### TRY IT:
Make an exact copy of all the records.
##### SUPPLIED MATERIAL #####
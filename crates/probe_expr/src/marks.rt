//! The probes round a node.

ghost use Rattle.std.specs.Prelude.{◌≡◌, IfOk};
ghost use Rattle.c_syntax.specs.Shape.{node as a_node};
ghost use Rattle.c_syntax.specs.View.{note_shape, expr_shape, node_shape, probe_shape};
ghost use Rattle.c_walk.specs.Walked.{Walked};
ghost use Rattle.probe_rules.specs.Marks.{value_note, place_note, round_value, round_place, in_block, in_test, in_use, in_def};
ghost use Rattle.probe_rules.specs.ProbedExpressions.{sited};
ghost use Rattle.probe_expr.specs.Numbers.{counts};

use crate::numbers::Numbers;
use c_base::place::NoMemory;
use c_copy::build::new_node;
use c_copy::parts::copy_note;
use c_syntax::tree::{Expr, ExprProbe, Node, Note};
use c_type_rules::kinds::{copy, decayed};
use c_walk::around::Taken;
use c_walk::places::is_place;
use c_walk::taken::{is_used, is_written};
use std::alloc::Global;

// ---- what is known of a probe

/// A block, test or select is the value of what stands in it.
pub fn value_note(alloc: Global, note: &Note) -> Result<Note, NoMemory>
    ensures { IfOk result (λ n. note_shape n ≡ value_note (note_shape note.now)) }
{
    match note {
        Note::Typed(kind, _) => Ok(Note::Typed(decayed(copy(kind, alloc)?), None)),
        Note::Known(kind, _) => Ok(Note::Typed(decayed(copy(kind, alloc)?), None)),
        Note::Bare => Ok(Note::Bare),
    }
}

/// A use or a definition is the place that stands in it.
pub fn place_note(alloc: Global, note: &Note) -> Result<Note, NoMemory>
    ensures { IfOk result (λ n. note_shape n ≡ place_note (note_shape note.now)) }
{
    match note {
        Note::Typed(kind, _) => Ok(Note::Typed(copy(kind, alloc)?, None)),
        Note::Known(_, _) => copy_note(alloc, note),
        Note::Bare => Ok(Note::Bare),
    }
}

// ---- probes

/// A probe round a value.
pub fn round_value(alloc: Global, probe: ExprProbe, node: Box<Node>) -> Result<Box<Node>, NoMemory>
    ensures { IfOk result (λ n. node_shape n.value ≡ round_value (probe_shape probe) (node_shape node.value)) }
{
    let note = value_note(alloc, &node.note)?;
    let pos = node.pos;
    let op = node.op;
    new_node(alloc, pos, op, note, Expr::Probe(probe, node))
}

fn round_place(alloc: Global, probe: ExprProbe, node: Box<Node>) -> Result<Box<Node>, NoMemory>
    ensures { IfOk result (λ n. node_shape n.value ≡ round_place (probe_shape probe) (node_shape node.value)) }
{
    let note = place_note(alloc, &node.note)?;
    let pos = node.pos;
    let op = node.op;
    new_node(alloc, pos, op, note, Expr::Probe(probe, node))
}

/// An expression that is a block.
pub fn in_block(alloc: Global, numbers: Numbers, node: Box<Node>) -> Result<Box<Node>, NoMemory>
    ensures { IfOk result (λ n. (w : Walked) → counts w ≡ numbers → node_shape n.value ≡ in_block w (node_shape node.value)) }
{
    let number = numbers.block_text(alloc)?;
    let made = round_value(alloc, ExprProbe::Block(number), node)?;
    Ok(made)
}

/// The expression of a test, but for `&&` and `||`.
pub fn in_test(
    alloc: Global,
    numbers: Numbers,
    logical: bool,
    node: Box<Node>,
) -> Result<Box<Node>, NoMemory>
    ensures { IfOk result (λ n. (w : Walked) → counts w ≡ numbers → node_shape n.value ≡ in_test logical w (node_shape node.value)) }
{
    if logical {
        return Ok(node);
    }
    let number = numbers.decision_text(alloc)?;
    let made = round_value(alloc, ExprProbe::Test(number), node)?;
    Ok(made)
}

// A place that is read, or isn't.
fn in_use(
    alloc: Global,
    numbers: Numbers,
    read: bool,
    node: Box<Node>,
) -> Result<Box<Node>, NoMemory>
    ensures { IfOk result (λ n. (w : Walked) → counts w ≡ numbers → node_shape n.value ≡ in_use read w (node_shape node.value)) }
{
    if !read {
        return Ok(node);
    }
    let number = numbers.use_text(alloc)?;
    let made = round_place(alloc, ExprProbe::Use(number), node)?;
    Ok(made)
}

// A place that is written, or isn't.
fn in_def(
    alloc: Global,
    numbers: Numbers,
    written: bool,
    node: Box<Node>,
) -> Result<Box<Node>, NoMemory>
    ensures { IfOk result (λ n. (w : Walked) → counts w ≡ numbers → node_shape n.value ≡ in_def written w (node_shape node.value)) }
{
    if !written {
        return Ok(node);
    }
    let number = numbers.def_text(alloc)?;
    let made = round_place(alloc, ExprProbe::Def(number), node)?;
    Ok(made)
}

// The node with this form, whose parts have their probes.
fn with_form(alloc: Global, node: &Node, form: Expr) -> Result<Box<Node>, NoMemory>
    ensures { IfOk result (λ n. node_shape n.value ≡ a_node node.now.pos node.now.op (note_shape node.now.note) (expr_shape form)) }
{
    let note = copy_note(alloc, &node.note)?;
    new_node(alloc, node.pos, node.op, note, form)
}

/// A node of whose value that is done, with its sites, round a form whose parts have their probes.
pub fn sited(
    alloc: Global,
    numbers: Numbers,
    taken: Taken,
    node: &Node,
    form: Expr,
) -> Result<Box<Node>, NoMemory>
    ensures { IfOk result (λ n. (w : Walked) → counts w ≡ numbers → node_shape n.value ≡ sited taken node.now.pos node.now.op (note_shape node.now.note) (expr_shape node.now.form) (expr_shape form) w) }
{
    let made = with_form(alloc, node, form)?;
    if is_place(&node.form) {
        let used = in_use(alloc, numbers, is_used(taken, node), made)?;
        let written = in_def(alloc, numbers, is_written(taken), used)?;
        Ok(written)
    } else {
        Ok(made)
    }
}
#####
### SOLUTION TO THIS TASK:
filename crates/probe_expr/src/marks.rt
//! The probes round a node.

ghost use Rattle.std.specs.Prelude.{◌≡◌, IfOk};
ghost use Rattle.c_syntax.specs.Shape.{node as a_node};
ghost use Rattle.c_syntax.specs.View.{note_shape, expr_shape, node_shape, probe_shape};
ghost use Rattle.c_walk.specs.Walked.{Walked};
ghost use Rattle.probe_rules.specs.Marks.{value_note, place_note, round_value, round_place, in_block, in_test, in_use, in_def};
ghost use Rattle.probe_rules.specs.ProbedExpressions.{sited};
ghost use Rattle.probe_expr.specs.Numbers.{counts};

use crate::numbers::Numbers;
use c_base::place::NoMemory;
use c_copy::build::new_node;
use c_copy::parts::copy_note;
use c_syntax::tree::{Expr, ExprProbe, Node, Note};
use c_type_rules::kinds::{copy, decayed};
use c_walk::around::Taken;
use c_walk::places::is_place;
use c_walk::taken::{is_used, is_written};
use std::alloc::Global;

// ---- what is known of a probe

/// A block, test or select is the value of what stands in it.
pub fn value_note(alloc: Global, note: &Note) -> Result<Note, NoMemory>
    ensures { IfOk result (λ n. note_shape n ≡ value_note (note_shape note.now)) }
{
    match note {
        Note::Typed(kind, _) => Ok(Note::Typed(decayed(copy(kind, alloc)?), None)),
        Note::Known(kind, _) => Ok(Note::Typed(decayed(copy(kind, alloc)?), None)),
        Note::Bare => Ok(Note::Bare),
    }
}

/// A use or a definition is the place that stands in it.
pub fn place_note(alloc: Global, note: &Note) -> Result<Note, NoMemory>
    ensures { IfOk result (λ n. note_shape n ≡ place_note (note_shape note.now)) }
{
    match note {
        Note::Typed(kind, _) => Ok(Note::Typed(copy(kind, alloc)?, None)),
        Note::Known(_, _) => copy_note(alloc, note),
        Note::Bare => Ok(Note::Bare),
    }
}

// ---- probes

/// A probe round a value.
pub fn round_value(alloc: Global, probe: ExprProbe, node: Box<Node>) -> Result<Box<Node>, NoMemory>
    ensures { IfOk result (λ n. node_shape n.value ≡ round_value (probe_shape probe) (node_shape node.value)) }
{
    let note = value_note(alloc, &node.note)?;
    let pos = node.pos;
    let op = node.op;
    new_node(alloc, pos, op, note, Expr::Probe(probe, node))
}

fn round_place(alloc: Global, probe: ExprProbe, node: Box<Node>) -> Result<Box<Node>, NoMemory>
    ensures { IfOk result (λ n. node_shape n.value ≡ round_place (probe_shape probe) (node_shape node.value)) }
{
    let note = place_note(alloc, &node.note)?;
    let pos = node.pos;
    let op = node.op;
    new_node(alloc, pos, op, note, Expr::Probe(probe, node))
}

/// An expression that is a block.
pub fn in_block(alloc: Global, numbers: Numbers, node: Box<Node>) -> Result<Box<Node>, NoMemory>
    ensures { IfOk result (λ n. (w : Walked) → counts w ≡ numbers → node_shape n.value ≡ in_block w (node_shape node.value)) }
{
    let number = numbers.block_text(alloc)?;
    let made = round_value(alloc, ExprProbe::Block(number), node)?;
    Ok(made)
}

/// The expression of a test, but for `&&` and `||`.
pub fn in_test(
    alloc: Global,
    numbers: Numbers,
    logical: bool,
    node: Box<Node>,
) -> Result<Box<Node>, NoMemory>
    ensures { IfOk result (λ n. (w : Walked) → counts w ≡ numbers → node_shape n.value ≡ in_test logical w (node_shape node.value)) }
{
    if logical {
        return Ok(node);
    }
    let number = numbers.decision_text(alloc)?;
    let made = round_value(alloc, ExprProbe::Test(number), node)?;
    Ok(made)
}

// A place that is read, or isn't.
fn in_use(
    alloc: Global,
    numbers: Numbers,
    read: bool,
    node: Box<Node>,
) -> Result<Box<Node>, NoMemory>
    ensures { IfOk result (λ n. (w : Walked) → counts w ≡ numbers → node_shape n.value ≡ in_use read w (node_shape node.value)) }
{
    if !read {
        return Ok(node);
    }
    let number = numbers.use_text(alloc)?;
    let made = round_place(alloc, ExprProbe::Use(number), node)?;
    Ok(made)
}

// A place that is written, or isn't.
fn in_def(
    alloc: Global,
    numbers: Numbers,
    written: bool,
    node: Box<Node>,
) -> Result<Box<Node>, NoMemory>
    ensures { IfOk result (λ n. (w : Walked) → counts w ≡ numbers → node_shape n.value ≡ in_def written w (node_shape node.value)) }
{
    if !written {
        return Ok(node);
    }
    let number = numbers.def_text(alloc)?;
    let made = round_place(alloc, ExprProbe::Def(number), node)?;
    Ok(made)
}

// The node with this form, whose parts have their probes.
fn with_form(alloc: Global, node: &Node, form: Expr) -> Result<Box<Node>, NoMemory>
    ensures { IfOk result (λ n. node_shape n.value ≡ a_node node.now.pos node.now.op (note_shape node.now.note) (expr_shape form)) }
{
    let note = copy_note(alloc, &node.note)?;
    new_node(alloc, node.pos, node.op, note, form)
}

/// A node of whose value that is done, with its sites, round a form whose parts have their probes.
pub fn sited(
    alloc: Global,
    numbers: Numbers,
    taken: Taken,
    node: &Node,
    form: Expr,
) -> Result<Box<Node>, NoMemory>
    ensures { IfOk result (λ n. (w : Walked) → counts w ≡ numbers → node_shape n.value ≡ sited taken node.now.pos node.now.op (note_shape node.now.note) (expr_shape node.now.form) (expr_shape form) w) }
{
    let made = with_form(alloc, node, form)?;
    if is_place(&node.form) {
        let used = in_use(alloc, numbers, is_used(taken, node), made)?;
        let written = in_def(alloc, numbers, is_written(taken), used)?;
        Ok(written)
    } else {
        Ok(made)
    }
}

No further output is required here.